So I signed up for the gifts for kids programs in my city. With my husband not working right now and bills, bills, bills, I knew we would have little to nothing to give the girls for Yule.
I signed up for one program, and my mom (bless her heart) referred me to the Toys for Tots. I did get a little red postcard in the mail last week that told me to go down to a local thrift store to pick up my gifts.
I was elated!
So at 10:00 this morning, I found someone to cover for me at work and went merrily on my way to get my girls some goodies to open. I had to pull over on my way back to work to see what the loot score was. I tore into those bags as if it was MY presents that awaited inside. Wow....one outfit for each girl....and stuff they would not wear if they were down to their last thread (think grandmother).

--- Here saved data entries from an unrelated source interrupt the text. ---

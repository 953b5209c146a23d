//! The protocol's definitions, in `specs/`. There is no code in this crate: its laws stand in `protocol_laws`.
#![tactic(auto)]
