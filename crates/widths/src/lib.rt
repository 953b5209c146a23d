//! Width files: the measure of a slug, the widths of bands and spaces, and the widths of matrices.
#![tactic(auto)]

mod entry;
mod fault;
pub mod laws;
mod matrix;
mod measures;
mod widths;

pub use entry::MatrixWidth;
pub use fault::{WidthFault, WidthKey};
pub use widths::Widths;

I knew my mom was volunteering for the Toys for Tots (remember she referred me to this one but I never heard anything from them) so I called her near tears and told her how I didn't think it was fair that some people got referred to one agency that gave out clothing and others got to go to magic toyland in the mall and pick fun stuff to give their kids...really...it should be a balance.

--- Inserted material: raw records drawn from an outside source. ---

//! The six measures of a width file in a TOML document.

ghost use Rattle.std.specs.Prelude.{◌≡◌, ◌≤◌, IfOk, MatchResult, Ok, Err, option_map};
ghost use Rattle.toml.specs.Data.{get_member};
ghost use Rattle.toml.specs.View.{view, table_view};
ghost use Rattle.widths.specs.Numbers.{number_of, number_at, measures_in, matrix_in, AreMeasures};

use crate::fault::{WidthFault, WidthKey};
use toml::{Table, Value};

/// The greatest width of a line.
const MOST_MEASURE: u16 = 65535;

/// The greatest width of what stands in a line.
pub(crate) const MOST_WIDTH: u16 = 999;

/// The width of a line, and the widths of bands and fixed spaces.
#[derive(Clone, Copy)]
pub(crate) struct Measures {
    pub measure: u16,
    pub band_min: u16,
    pub band_max: u16,
    pub thin: u16,
    pub en: u16,
    pub em: u16,
}

/// The number of the value: whole, and from 1 to the most.
#[tactic(auto, unfolding(crate::specs::Numbers::number_of, crate::specs::Numbers::in_range))]
pub(crate) fn number_of(key: WidthKey, most: u16, value: &Value) -> Result<u16, WidthFault>
    ensures value { result ≡ number_of key most (view value.now) }
    ensures range { IfOk result (λ number. (1 ≤ number) × (number ≤ most)) }
{
    match value.as_integer() {
        None => Err(WidthFault::WrongType { key }),
        Some(number) if 1 <= number && number <= i64::from(most) => Ok(number as u16),
        Some(_) => Err(WidthFault::OutOfRange { key }),
    }
}

/// The value at the key of this name.
#[tactic(auto, using(toml::proofs::Views::table_get))]
fn value_at<'a>(file: &'a Table, name: &str) -> Option<&'a Value>
    ensures { option_map (λ v. view v.now) result ≡ get_member name.now (table_view file.now) }
{
    file.get(name)
}

/// The number at the key of this name.
#[tactic(auto, unfolding(crate::specs::Numbers::number_at))]
fn number_at(file: &Table, key: WidthKey, name: &str, most: u16) -> Result<u16, WidthFault>
    ensures value { result ≡ number_at key name.now most (table_view file.now) }
    ensures range { IfOk result (λ number. (1 ≤ number) × (number ≤ most)) }
{
    match value_at(file, name) {
        Some(value) => number_of(key, most, value),
        None => Err(WidthFault::Missing { key }),
    }
}

/// The six measures.
#[tactic(auto, unfolding(crate::specs::Numbers::measures_in))]
pub(crate) fn measures_in(file: &Table) -> Result<Measures, WidthFault>
    ensures value { result ≡ measures_in (table_view file.now) }
    ensures ranges { IfOk result (λ measures. AreMeasures measures) }
{
    Ok(Measures {
        measure: number_at(file, WidthKey::Measure, "measure", MOST_MEASURE)?,
        band_min: number_at(file, WidthKey::BandMin, "band_min", MOST_WIDTH)?,
        band_max: number_at(file, WidthKey::BandMax, "band_max", MOST_WIDTH)?,
        thin: number_at(file, WidthKey::Thin, "thin", MOST_WIDTH)?,
        en: number_at(file, WidthKey::En, "en", MOST_WIDTH)?,
        em: number_at(file, WidthKey::Em, "em", MOST_WIDTH)?,
    })
}

/// The table of the matrices.
#[tactic(auto, unfolding(crate::specs::Numbers::matrix_in))]
pub(crate) fn matrix_in(file: &Table) -> Result<&Table, WidthFault>
    ensures { MatchResult result (λ table. matrix_in (table_view file.now) ≡ Ok (table_view table.now)) (λ e. matrix_in (table_view file.now) ≡ Err e) }
{
    match value_at(file, "matrix") {
        Some(value) => match value.as_table() {
            Some(table) => Ok(table),
            None => Err(WidthFault::WrongType {
                key: WidthKey::Matrix,
            }),
        },
        None => Err(WidthFault::Missing {
            key: WidthKey::Matrix,
        }),
    }
}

My mom told me that the TfT letters got sent out late and to just come in and tell them my situation because they probably were not going to turn ANYONE away. So I walked up to the desk in front of magic land and told them that I was referred but never heard back (getting ready to launch into this big plea for help) and they looked on their little sheets and LO AND BEHOLD!!!!! My name WAS on there after all.
I got my oldest Apples to Apples which she asked for along with a puzzle that glows in the dark. I got my youngest an Idog (she will be completely tickled with that since grandma is getting her an Ipod). and a little stationary set. Then I also got to pick out a board game for them to share so I got some word bluffing game...my girls and husband are the worlds best bluffers...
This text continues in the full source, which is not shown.